Saved entries:

○ ○ ○ ○ ○

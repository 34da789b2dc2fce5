// The whole controller of cooling_only_controller.rs: its records, and `output` in its order of stages.
#![tactic(auto)]

ghost use Rattle.std.specs.Prelude.{◌≡◌};
ghost use Rattle.cooling_only_controller.specs.Controller as Controller;
ghost use Rattle.cooling_only_controller.specs.ControllerPieces as ControllerPieces;

use box_choices::Choices;
use cooling_only_controller_airflow::{
    AlarmInput, AlarmOutput, AlarmsState, DamperInput, DamperOutput, DamperState,
    SystemRequestInput, SystemRequestOutput, SystemRequestsState,
};
use cooling_only_controller_conditioning::{
    ActiveAirflowOutput, ControlLoopOutput, ControlLoopsState, SetpointInput, SetpointOutput,
    SetpointsState, TimeSuppressionState, ZoneStatesState,
};
use cooling_only_controller_timing::Step;

// The mode and the overrides are numbers, and any is one: C has this record as it stands.
#[repr(C)]
#[derive(Clone, Copy)]
pub struct ControllerInput {
    pub zone_temperature: f64,
    pub cooling_setpoint: f64,
    pub heating_setpoint: f64,
    pub window_status: bool,
    pub occupancy_status: bool,
    pub operating_mode: i64,
    pub co2_setpoint: f64,
    pub co2_concentration: f64,
    pub discharge_air_temperature: f64,
    pub supply_air_temperature: f64,
    pub discharge_airflow: f64,
    pub airflow_override_index: i64,
    pub damper_override_index: i64,
    pub supply_fan_status: bool,
}

// The levels are numbers: C has this record as it stands.
#[repr(C)]
#[derive(Clone, Copy)]
pub struct ControllerOutput {
    pub airflow_setpoint: f64,
    pub damper_command: f64,
    pub adjusted_population_flow: f64,
    pub adjusted_area_flow: f64,
    pub minimum_outdoor_airflow: f64,
    pub zone_temperature_reset_request: i64,
    pub zone_pressure_reset_request: i64,
    pub low_airflow_alarm: i64,
    pub airflow_sensor_alarm: i64,
    pub leaking_damper_alarm: i64,
}

#[derive(Clone, Copy, Default)]
pub struct ControllerState {
    pub time_suppression: TimeSuppressionState,
    pub control_loops: ControlLoopsState,
    pub setpoints: SetpointsState,
    pub zone_states: ZoneStatesState,
    pub dampers: DamperState,
    pub system_requests: SystemRequestsState,
    pub alarms: AlarmsState,
}

// What the stages from the control loops to the damper give.
#[derive(Clone, Copy)]
pub struct AirflowSteps {
    pub loops: Step<ControlLoopsState, ControlLoopOutput>,
    pub setpoints: Step<SetpointsState, SetpointOutput>,
    pub zone: Step<ZoneStatesState, i64>,
    pub damper: Step<DamperState, DamperOutput>,
}

impl ControllerState {
    pub fn fresh() -> ControllerState
        ensures { result ≡ Controller.fresh_controller }
    {
        ControllerState::default()
    }

    #[tactic(auto, unfolding(crate::specs::Controller::controller_output, crate::specs::ControllerPieces::airflow_steps))]
    pub fn output(
        self,
        t: f64,
        input: ControllerInput,
        choices: Choices,
    ) -> Step<ControllerState, ControllerOutput>
        ensures { result ≡ Controller.controller_output self t input choices }
    {
        let after_suppression = self
            .time_suppression
            .output(t, input.cooling_setpoint, input.zone_temperature);
        let air = airflow_steps(
            t,
            input,
            choices,
            self.control_loops,
            self.setpoints,
            self.zone_states,
            self.dampers,
        );
        let wanted = request_input(
            input,
            after_suppression.output,
            air.loops.output,
            air.damper.output,
        );
        let requests = self.system_requests.output(t, wanted, choices);
        let alarms = self
            .alarms
            .output(t, alarm_input(input, air.damper.output), choices);
        controller_step(after_suppression, air, requests, alarms)
    }
}

// The stages from the control loops to the damper, each fed by those before it. They take time, input and choices one by one, as each of them does; and their states one by one: the controller has them among others, C in a record of its own.
#[tactic(auto, using(f64_helpers::proofs::Integers::i64_kept), unfolding(crate::specs::ControllerPieces::airflow_steps))]
pub fn airflow_steps(
    t: f64,
    input: ControllerInput,
    choices: Choices,
    control_loops: ControlLoopsState,
    setpoints: SetpointsState,
    zone_states: ZoneStatesState,
    dampers: DamperState,
) -> AirflowSteps
    ensures { result ≡ ControllerPieces.airflow_steps t input choices control_loops setpoints zone_states dampers }
{
    let loops = control_loops.output(
        t,
        input.cooling_setpoint,
        input.zone_temperature,
        input.heating_setpoint,
    );
    let flows = setpoints.output(input.into(), choices);
    let active = cooling_only_controller_conditioning::active_airflow(
        input.operating_mode,
        flows.output.occupied_minimum_flow,
        choices,
    );
    let zone = zone_states.output(loops.output.heating, loops.output.cooling);
    let damper_input = damper_input(input, loops.output, active, zone.output);
    let damper = dampers.output(t, damper_input, choices);
    AirflowSteps {
        loops,
        setpoints: flows,
        zone,
        damper,
    }
}

// The next state and the ten outputs, put together from the stages' steps.
fn controller_step(
    after_suppression: Step<TimeSuppressionState, bool>,
    air: AirflowSteps,
    requests: Step<SystemRequestsState, SystemRequestOutput>,
    alarms: Step<AlarmsState, AlarmOutput>,
) -> Step<ControllerState, ControllerOutput>
    ensures { result ≡ ControllerPieces.controller_step after_suppression air requests alarms }
{
    Step {
        state: ControllerState {
            time_suppression: after_suppression.state,
            control_loops: air.loops.state,
            setpoints: air.setpoints.state,
            zone_states: air.zone.state,
            dampers: air.damper.state,
            system_requests: requests.state,
            alarms: alarms.state,
        },
        output: outputs(
            air.damper.output,
            air.setpoints.output,
            requests.output,
            alarms.output,
        ),
    }
}

// What the ventilation setpoints read of the input.
impl From<ControllerInput> for SetpointInput {
    ghost from_gives = { λ input r. r ≡ ControllerPieces.setpoint_input input };

    fn from(input: ControllerInput) -> SetpointInput {
        SetpointInput {
            window_status: input.window_status,
            occupancy_status: input.occupancy_status,
            operating_mode: input.operating_mode,
            co2_setpoint: input.co2_setpoint,
            co2_concentration: input.co2_concentration,
            zone_temperature: input.zone_temperature,
            discharge_air_temperature: input.discharge_air_temperature,
        }
    }
}

fn damper_input(
    input: ControllerInput,
    loops: ControlLoopOutput,
    active: ActiveAirflowOutput,
    zone_state: i64,
) -> DamperInput
    ensures { result ≡ ControllerPieces.damper_input input loops active zone_state }
{
    DamperInput {
        active_minimum_flow: active.minimum,
        supply_air_temperature: input.supply_air_temperature,
        zone_temperature: input.zone_temperature,
        cooling_loop: loops.cooling,
        active_cooling_maximum_flow: active.cooling_maximum,
        zone_state,
        airflow_override_index: input.airflow_override_index,
        supply_fan_status: input.supply_fan_status,
        discharge_airflow: input.discharge_airflow,
        damper_override_index: input.damper_override_index,
    }
}

pub fn request_input(
    input: ControllerInput,
    after_suppression: bool,
    loops: ControlLoopOutput,
    damper: DamperOutput,
) -> SystemRequestInput
    ensures { result ≡ ControllerPieces.request_input input after_suppression loops damper }
{
    SystemRequestInput {
        after_suppression,
        cooling_setpoint: input.cooling_setpoint,
        zone_temperature: input.zone_temperature,
        cooling_loop: loops.cooling,
        airflow_setpoint: damper.airflow_setpoint,
        discharge_airflow: input.discharge_airflow,
        damper_position: damper.damper_command,
    }
}

pub fn alarm_input(input: ControllerInput, damper: DamperOutput) -> AlarmInput
    ensures { result ≡ ControllerPieces.alarm_input input damper }
{
    AlarmInput {
        discharge_airflow: input.discharge_airflow,
        active_airflow_setpoint: damper.airflow_setpoint,
        supply_fan_status: input.supply_fan_status,
        operation_mode: input.operating_mode,
        damper_position: damper.damper_command,
    }
}

pub fn outputs(
    damper: DamperOutput,
    setpoints: SetpointOutput,
    requests: SystemRequestOutput,
    alarms: AlarmOutput,
) -> ControllerOutput
    ensures { result ≡ ControllerPieces.outputs damper setpoints requests alarms }
{
    ControllerOutput {
        airflow_setpoint: damper.airflow_setpoint,
        damper_command: damper.damper_command,
        adjusted_population_flow: setpoints.adjusted_population_flow,
        adjusted_area_flow: setpoints.adjusted_area_flow,
        minimum_outdoor_airflow: setpoints.minimum_outdoor_airflow,
        zone_temperature_reset_request: requests.temperature,
        zone_pressure_reset_request: requests.pressure,
        low_airflow_alarm: alarms.low_airflow,
        airflow_sensor_alarm: alarms.airflow_sensor,
        leaking_damper_alarm: alarms.leaking_damper,
    }
}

○ ○ ○ ○ ○

EXERCISE GOAL
Look through the data and gather every line with the string "ControllerState" in it.

TASK OUTPUT
pub struct ControllerState {
impl ControllerState {
    pub fn fresh() -> ControllerState
        ControllerState::default()
    ) -> Step<ControllerState, ControllerOutput>
) -> Step<ControllerState, ControllerOutput>
        state: ControllerState {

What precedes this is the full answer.